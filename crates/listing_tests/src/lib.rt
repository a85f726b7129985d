//! Listings of small files, worked out by hand.
#![tactic(auto)]

#[cfg(test)]
mod tests {
    use listings::listing::{Printed, list};
    use std::alloc::{AllocError, Global};
    use std::test::Fail;

    fn text(heap: Global, bytes: &[u8]) -> Result<String, AllocError> {
        Printed(list(heap, bytes)?).to_string(heap)
    }

    #[test]
    fn no_bytes_are_a_whole_chain(rt: HostRuntime) -> Result<(), Fail> {
        let shown = text(rt.alloc(), b"")?;
        assert_eq!(rt;
            shown.as_str(),
            "  no  offset   kind  name              fields\na whole chain of 0 records\nbytes 0  records 0  formulas 0  facts 0  rows 0  unknown 0  wrong size 0\n"
        );
        Ok(())
    }

    // 258 is 2 + 1 * 256: the low byte comes first
    #[test]
    fn numbers_have_the_low_byte_first(rt: HostRuntime) -> Result<(), Fail> {
        let shown = text(rt.alloc(), &[4, 0, 1, 0, 2, 1])?;
        assert!(rt;
            shown
                .as_str()
                .contains("\n   0       0      1  atom              atom 258\n")
        );
        assert!(rt; shown.as_str().contains("\na whole chain of 1 records\n"));
        Ok(())
    }

    // the mask's lowest bit and its highest are worlds 0 and 31
    #[test]
    fn masks_are_shown_as_worlds(rt: HostRuntime) -> Result<(), Fail> {
        let shown = text(rt.alloc(), &[8, 0, 23, 0, 1, 0, 1, 0, 0, 128])?;
        assert!(rt;
            shown
                .as_str()
                .contains("atom 1  mask 0x80000001 worlds 0 31\n")
        );
        Ok(())
    }

    // kind 14 with the modality 5, which is none
    #[test]
    fn a_number_of_no_modality_is_shown(rt: HostRuntime) -> Result<(), Fail> {
        let shown = text(rt.alloc(), &[10, 0, 14, 0, 5, 0, 1, 0, 2, 0, 3, 0])?;
        assert!(rt;
            shown.as_str().contains(
                "  arrow             modality 5 (unknown)  principal 1  from 2  to 3\n",
            )
        );
        Ok(())
    }

    // the second record begins after the six bytes of the first, and its length is past the end
    #[test]
    fn a_broken_frame_ends_the_listing(rt: HostRuntime) -> Result<(), Fail> {
        let shown = text(rt.alloc(), &[4, 0, 10, 0, 3, 0, 3, 0, 2, 0])?;
        assert!(rt;
            shown.as_str().contains(
                "\n   0       0     10  labels            count 3\nrefused 3 1: ",
            )
        );
        assert!(rt;
            shown.as_str().contains(
                " (record 1), at byte 6\nbytes 10  records 1  formulas 0  facts 1  ",
            )
        );
        Ok(())
    }

    #[test]
    fn a_length_under_two_is_broken(rt: HostRuntime) -> Result<(), Fail> {
        let shown = text(rt.alloc(), &[1, 0, 0])?;
        assert!(rt; shown.as_str().contains("\nrefused 3 0: "));
        Ok(())
    }

    // the listing goes on after a body of the wrong size
    #[test]
    fn a_wrong_size_is_said(rt: HostRuntime) -> Result<(), Fail> {
        let shown = text(rt.alloc(), &[3, 0, 2, 0, 255, 2, 0, 2, 0])?;
        assert!(rt;
            shown.as_str().contains(
                "falsity           wrong size (refusal 3 0), takes 0, has 1 byte: ff\n",
            )
        );
        assert!(rt;
            shown.as_str().contains("\n   1       5      2  falsity\na whole chain of 2 records\n")
        );
        assert!(rt;
            shown
                .as_str()
                .contains("formulas 1  facts 0  rows 0  unknown 0  wrong size 1\n")
        );
        Ok(())
    }

    #[test]
    fn a_file_has_at_most_32768_bytes(rt: HostRuntime) -> Result<(), Fail> {
        let heap = rt.alloc();
        let bytes = vec![in heap; 0; 32769]?;
        let shown = text(heap, &bytes)?;
        assert_eq!(rt;
            shown.as_str(),
            "refused 2 0: the file has more than 32768 bytes\n"
        );
        let bytes = vec![in heap; 0; 32768]?;
        let shown = text(heap, &bytes)?;
        assert!(rt; shown.as_str().contains("\nrefused 3 0: "));
        Ok(())
    }
}
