// A VF file read front to back into fixed tables: its local fonts by number, its packets by code.
#![tactic(auto)]

mod cases;
mod entries;
mod packets;
mod reading;
mod tables;

pub use cases::worked_files;
pub use entries::{Local, Packet};
pub use reading::read_vf;
pub use tables::Vf;
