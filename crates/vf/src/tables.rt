// The tables of a VF file: at most 16 local fonts, in the order of their definitions, and a packet or none for each code.
ghost use Rattle.std.specs.Prelude.{◌≡◌, ◌≤◌, length};

use crate::entries::{Local, Packet};

// A VF file has at most so many local fonts.
const MAX_LOCALS: usize = 16;

// `locals` is an array with a count, and no vector of fixed capacity, which is never Copy: tables are copied as a value.
// `packets` has a place for each code, so that a code is its index; fixed memory.
pub struct Vf {
    count: usize,
    locals: [Local; MAX_LOCALS],
    packets: [Option<Packet>; 256],
    ghost few: { count ≤ 16 },
    ghost sixteen: { length locals ≡ 16 },
    ghost whole: { length packets ≡ 256 },
}

impl Copy for Vf {}

mod lookups;
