// A packet, read at a place.
ghost use Rattle.std.specs.Prelude.{◌≡◌, ◌+◌, ◌<◌, ◌≤◌, length, IfSome};
ghost use Rattle.vf.specs.Packets.{held, long, packet_at};

use crate::entries::Packet;
use numbers::{begins_fix_word, number};

// This byte begins a packet whose length, code and width have four bytes each.
const LONG: u8 = 242;

// A packet with its code.
#[derive(Clone, Copy)]
pub(crate) struct Coded {
    pub(crate) code: u8,
    pub(crate) packet: Packet,
}

// The bounds of places stand in the contracts below, and in no type, since each is about another place of the file.

// The packet that begins at `at`; none where the file ends before it does, or where it is none.
pub(crate) fn packet_at(file: &[u8], at: usize) -> Option<Coded>
    ensures is { result ≡ packet_at file.now at }
    ensures after { IfSome result (λ k. at < k.packet.start) }
    ensures within { IfSome result (λ k. k.packet.start + k.packet.length ≤ length file.now) }
{
    match file.get(at..)? {
        [LONG, ..] => long_packet(file, at),
        [n, code, a, b, c, ..] => {
            let width = u32::from_be_bytes([0, *a, *b, *c]);
            hold(file, *code, at + 5, usize::from(*n), width)
        }
        _ => None,
    }
}

// One that has four bytes for each of its length, its code and its width.
fn long_packet(file: &[u8], at: usize) -> Option<Coded>
    ensures is { result ≡ long file.now at }
    ensures after { IfSome result (λ k. at < k.packet.start) }
    ensures within { IfSome result (λ k. k.packet.start + k.packet.length ≤ length file.now) }
{
    let [_, _, _, _, _, _, _, _, _, first, _, _, _, ..] = file.get(at..)? else {
        return None;
    };
    if !begins_fix_word(*first) {
        return None;
    }
    let n = number(file, at + 1, 4) as usize;
    let code = u8::try_from(number(file, at + 5, 4)).ok()?;
    hold(file, code, at + 13, n, number(file, at + 9, 4))
}

// A packet with n bytes from `start` on; none where the file ends before they do.
fn hold(file: &[u8], code: u8, start: usize, n: usize, width: u32) -> Option<Coded>
    ensures is { result ≡ held file.now code start n width }
    ensures start { IfSome result (λ k. k.packet.start ≡ start) }
    ensures within { IfSome result (λ k. k.packet.start + k.packet.length ≤ length file.now) }
{
    if file.get(start..)?.len() < n {
        return None;
    }
    Some(Coded {
        code,
        packet: Packet {
            start,
            length: n,
            width,
        },
    })
}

----------------

From the listing above, copy every line that includes the word "which".

▶ Your solution
    // kind 14 with the modality 5, which is none
// `locals` is an array with a count, and no vector of fixed capacity, which is never Copy: tables are copied as a value.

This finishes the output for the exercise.